* [What is required]: Repeat exactly, and only, the lines from the one containing "pub fn spec_text(self) -> &'static str" through the end of the records.

* [Task inputs]:
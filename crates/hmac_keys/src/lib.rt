//! The kinds of keys, and the MACs of HMAC keys.
//!
//! A key is symmetric, and then it encrypts, or an HMAC key, and then it makes MACs and verifies them
//! (AWS KMS API Reference, CreateKey, "KeyUsage" and "KeySpec"). The MAC is HMAC-SHA-256 (FIPS 198-1)
//! under a secret of the key's own. No call takes memory.
#![tactic(auto)]

mod kinds;
mod laws;
mod macs;
mod reading;

pub use kinds::{KeyKind, KindField, KindRead};
pub use laws::kind_of_fits;
pub use macs::{mac_of, verify_mac};
pub use reading::kind_of;
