//! The kinds of keys, and the texts that name them.

ghost use Rattle.std.specs.Prelude.{◌≡◌, IfOk, IsOk};
ghost use Rattle.hmac_keys.specs.Kind.{usage_text, spec_text, text_in};

use kms_names::NoMemory;

/// A kind of key.
#[derive(Clone, Copy, Debug, PartialEq, Eq)]
pub enum KeyKind {
    /// It encrypts and decrypts: usage `ENCRYPT_DECRYPT`, spec `SYMMETRIC_DEFAULT`.
    Symmetric,
    /// It makes MACs and verifies them by HMAC-SHA-256: usage `GENERATE_VERIFY_MAC`, spec `HMAC_256`.
    Hmac256,
}

impl KeyKind {
    /// All kinds.
    pub(crate) const ALL: [KeyKind; 2] = [KeyKind::Symmetric, KeyKind::Hmac256];

    /// A copy that equals its source. It never fails, and no memory is taken.
    pub fn copy(&self) -> Result<KeyKind, NoMemory>
        ensures same { IfOk result (λ kind. kind ≡ self.now) }
        ensures succeeds { IsOk result }
    {
        Ok(*self)
    }

    /// The usage of keys of this kind, as requests and replies have it in `KeyUsage`.
    pub fn usage_text(self) -> &'static str
        ensures { result.now ≡ usage_text self }
    {
        match self {
            KeyKind::Symmetric => "ENCRYPT_DECRYPT",
            KeyKind::Hmac256 => "GENERATE_VERIFY_MAC",
        }
    }

    /// The spec of keys of this kind, as requests and replies have it in `KeySpec` and in
    /// `CustomerMasterKeySpec`.
    pub fn spec_text(self) -> &'static str
        ensures { result.now ≡ spec_text self }
    {
        match self {
            KeyKind::Symmetric => "SYMMETRIC_DEFAULT",
            KeyKind::Hmac256 => "HMAC_256",
        }
    }
}

/// A field of a request that says of which kind a key is to be.
#[derive(Clone, Copy, Debug, PartialEq, Eq)]
pub enum KindField {
    /// The usage.
    KeyUsage,
    /// The spec, under its older name.
    CustomerMasterKeySpec,
    /// The spec.
    KeySpec,
}

impl KindField {
    /// A copy that equals its source. It never fails, and no memory is taken.
    pub fn copy(&self) -> Result<KindField, NoMemory>
        ensures same { IfOk result (λ field. field ≡ self.now) }
        ensures succeeds { IsOk result }
    {
        Ok(*self)
    }

    /// The text of a kind in this field.
    pub(crate) fn text_of(self, kind: KeyKind) -> &'static str
        ensures { result.now ≡ text_in self kind }
    {
        match self {
            KindField::KeyUsage => kind.usage_text(),
            KindField::CustomerMasterKeySpec | KindField::KeySpec => kind.spec_text(),
        }
    }
}

/// What a request says of the kind that a key is to have.
#[derive(Clone, Copy, Debug, PartialEq, Eq)]
pub enum KindRead {
    /// The kind.
    Kind(KeyKind),
    /// There is no such kind, for what this field says.
    Unsupported(KindField),
}

impl KindRead {
    /// A copy that equals its source. It never fails, and no memory is taken.
    pub fn copy(&self) -> Result<KindRead, NoMemory>
        ensures same { IfOk result (λ read. read ≡ self.now) }
        ensures succeeds { IsOk result }
    {
        Ok(*self)
    }
}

* [Solved problem]:
    pub fn spec_text(self) -> &'static str
        ensures { result.now ≡ spec_text self }
    {
        match self {
            KeyKind::Symmetric => "SYMMETRIC_DEFAULT",
            KeyKind::Hmac256 => "HMAC_256",
        }
    }
}

/// A field of a request that says of which kind a key is to be.
#[derive(Clone, Copy, Debug, PartialEq, Eq)]
pub enum KindField {
    /// The usage.
    KeyUsage,
    /// The spec, under its older name.
    CustomerMasterKeySpec,
    /// The spec.
    KeySpec,
}

impl KindField {
    /// A copy that equals its source. It never fails, and no memory is taken.
    pub fn copy(&self) -> Result<KindField, NoMemory>
        ensures same { IfOk result (λ field. field ≡ self.now) }
        ensures succeeds { IsOk result }
    {
        Ok(*self)
    }

    /// The text of a kind in this field.
    pub(crate) fn text_of(self, kind: KeyKind) -> &'static str
        ensures { result.now ≡ text_in self kind }
    {
        match self {
            KindField::KeyUsage => kind.usage_text(),
            KindField::CustomerMasterKeySpec | KindField::KeySpec => kind.spec_text(),
        }
    }
}

/// What a request says of the kind that a key is to have.
#[derive(Clone, Copy, Debug, PartialEq, Eq)]
pub enum KindRead {
    /// The kind.
    Kind(KeyKind),
    /// There is no such kind, for what this field says.
    Unsupported(KindField),
}

impl KindRead {
    /// A copy that equals its source. It never fails, and no memory is taken.
    pub fn copy(&self) -> Result<KindRead, NoMemory>
        ensures same { IfOk result (λ read. read ≡ self.now) }
        ensures succeeds { IsOk result }
    {
        Ok(*self)
    }
}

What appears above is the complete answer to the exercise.